[Items from a dataset]
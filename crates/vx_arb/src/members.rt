//! What the arbitrator asks of a query.
ghost use Rattle.std.specs.Prelude.{◌≡◌, ◌+◌, ◌-◌, ◌^◌, ◌<◌, ◌≤◌, true, false, IfSome};
ghost use Rattle.vx_arb.specs.Members.{IsWithin, IsLackOf, OnShort, lack_of, is_end};

use crate::AbortNote;
use vx_account::Names;
use vx_pool::Share;

/// A step that can't be made: the leaf's reservation would lift the root's reserved amount past the
/// capacity, by `need` bytes.
#[derive(Clone, Copy, Debug, PartialEq, Eq)]
pub struct Lack {
    /// The leaf of the pool tree in which room is wanted.
    pub leaf: u32,
    pub need: u64,
    pub capacity: u64,
    pub reserved: u64,
    pub would: u64,
}

/// What a step was.
#[derive(Clone, Copy, Debug, PartialEq, Eq)]
pub enum Move {
    Moved,
    /// The member has ended, in this step or before it.
    Ended,
    Short(Lack),
}

/// A query, as far as its capacity is concerned.
///
/// The ghost members are the numbers that it stands for at a moment, and for each call a relation
/// between the member before it and after it, which says all that the member promises of the call.
pub trait Member<L: Names> {
    ghost use Rattle.std.specs.Prelude.{ℕ, Bool, Option};
    ghost use Rattle.vx_arb.specs.declared.members.Lack.{Lack};
    ghost use Rattle.vx_arb.specs.declared.members.Move.{Move};
    ghost use Rattle.vx_arb.specs.declared.entries.AbortNote.{AbortNote};

    ghost job_is: { Self → ℕ };

    ghost capacity_is: { Self → ℕ };

    ghost reserved_is: { Self → ℕ };

    ghost unused_is: { Self → ℕ };

    ghost reclaimable_is: { Self → ℕ };

    ghost ended_is: { Self → Bool };

    /// What a step under a hint would lack.
    ghost lack_is: { Self → ℕ → Option Lack };

    // Member before, what the call was given, what it answered, member after.
    ghost steps: { Self → ℕ → Move → Self → Type 0 };

    ghost reclaims: { Self → ℕ → ℕ → Self → Type 0 };

    ghost raises: { Self → ℕ → Self → Type 0 };

    ghost lowers: { Self → ℕ → Self → Type 0 };

    ghost aborts: { Self → AbortNote → Self → Type 0 };

    ghost wants: { Self → Self → Type 0 };

    fn job(&self) -> u32
        ensures is { result ≡ job_is self.now }
        ensures rule { IsWithin (capacity_is self.now) (reserved_is self.now) (unused_is self.now) };

    fn capacity(&self) -> u64
        ensures is { result ≡ capacity_is self.now }
        ensures rule { IsWithin (capacity_is self.now) (reserved_is self.now) (unused_is self.now) };

    /// The root's reserved amount.
    fn reserved(&self) -> u64
        ensures is { result ≡ reserved_is self.now }
        ensures rule { IsWithin (capacity_is self.now) (reserved_is self.now) (unused_is self.now) };

    /// The capacity that isn't reserved.
    fn unused(&self) -> u64
        ensures is { result ≡ unused_is self.now }
        ensures rule { IsWithin (capacity_is self.now) (reserved_is self.now) (unused_is self.now) };

    /// The bytes that a reclaim could still free.
    fn reclaimable(&self) -> u64
        ensures { result ≡ reclaimable_is self.now };

    fn ended(&self) -> bool
        ensures { result ≡ ended_is self.now };

    /// What the step that a hint picks would lack.
    fn lack(&self, hint: u32) -> Option<Lack>
        ensures is { result ≡ lack_is self.now hint }
        ensures numbers { IfSome result (IsLackOf (capacity_is self.now) (reserved_is self.now)) };

    /// Makes the one step that a hint picks.
    fn step(&mut self, hint: u32) -> Move
        ensures step { steps self.old hint result self.new }

        // Short comes exactly where a lack is, with its numbers, and then nothing has changed.
        ensures lack { lack_of result ≡ lack_is self.old hint }
        ensures short { OnShort result (self.new ≡ self.old) }
        ensures ended { is_end result ≡ ended_is self.new }

        // One that had ended before stays as it was.
        ensures over { ended_is self.old ≡ true → self.new ≡ self.old }

        ensures job { job_is self.new ≡ job_is self.old }
        ensures capacity { capacity_is self.new ≡ capacity_is self.old }
        ensures rule { IsWithin (capacity_is self.new) (reserved_is self.new) (unused_is self.new) };

    /// Gives back reserved memory until `want` bytes are free or nothing can be reclaimed, and answers by
    /// how much the reserved amount fell.
    fn reclaim(&mut self, want: u64) -> u64
        ensures reclaim { reclaims self.old want result self.new }
        ensures freed { reserved_is self.new + result ≡ reserved_is self.old }

        // Unless it has ended, what was wanted is free or nothing is left to reclaim, and where nothing
        // was freed nothing has changed.
        ensures enough { ended_is self.new ≡ false → result < want → reclaimable_is self.new ≡ 0 }
        ensures nothing { ended_is self.new ≡ false → result ≡ 0 → self.new ≡ self.old }

        // A reclaim may end it, but it doesn't go on after its end.
        ensures over { ended_is self.old ≡ true → ended_is self.new ≡ true }

        ensures job { job_is self.new ≡ job_is self.old }
        ensures capacity { capacity_is self.new ≡ capacity_is self.old }
        ensures rule { IsWithin (capacity_is self.new) (reserved_is self.new) (unused_is self.new) };

    /// Adds a share to the capacity.
    fn raise(&mut self, share: Share<L>)
        requires { capacity_is self.old + share ≤ 2 ^ 33 }
        ensures raise { raises self.old share self.new }
        ensures job { job_is self.new ≡ job_is self.old }
        ensures capacity { capacity_is self.new ≡ capacity_is self.old + share }
        ensures reserved { reserved_is self.new ≡ reserved_is self.old }
        ensures ended { ended_is self.new ≡ ended_is self.old }
        ensures rule { IsWithin (capacity_is self.new) (reserved_is self.new) (unused_is self.new) };

    /// Takes a share of `bytes` out of the capacity.
    fn lower(&mut self, bytes: u64) -> Share<L>
        requires { bytes ≤ unused_is self.old }
        ensures lower { lowers self.old bytes self.new }
        ensures share { result ≡ bytes }
        ensures job { job_is self.new ≡ job_is self.old }
        ensures capacity { capacity_is self.new ≡ capacity_is self.old - bytes }
        ensures reserved { reserved_is self.new ≡ reserved_is self.old }
        ensures ended { ended_is self.new ≡ ended_is self.old }
        ensures rule { IsWithin (capacity_is self.new) (reserved_is self.new) (unused_is self.new) };

    /// Ends the member for want of capacity, and answers its whole capacity.
    fn abort(&mut self, note: AbortNote) -> Share<L>
        requires going { ended_is self.old ≡ false }
        requires own { note.job ≡ job_is self.old }
        ensures abort { aborts self.old note self.new }
        ensures share { result ≡ capacity_is self.old }
        ensures job { job_is self.new ≡ job_is self.old }
        ensures capacity { capacity_is self.new ≡ 0 }
        ensures ended { ended_is self.new ≡ true }
        ensures rule { IsWithin (capacity_is self.new) (reserved_is self.new) (unused_is self.new) };

    /// Ends the member for want of memory. Its capacity stays.
    fn want(&mut self)
        requires { ended_is self.old ≡ false }
        ensures want { wants self.old self.new }
        ensures job { job_is self.new ≡ job_is self.old }
        ensures capacity { capacity_is self.new ≡ capacity_is self.old }
        ensures reserved { reserved_is self.new ≡ 0 }
        ensures ended { ended_is self.new ≡ true }
        ensures rule { IsWithin (capacity_is self.new) (reserved_is self.new) (unused_is self.new) };
}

**Problem:** For the records given here, say how many lines hold the string "true", with no further words.

**Response for this exercise:** 5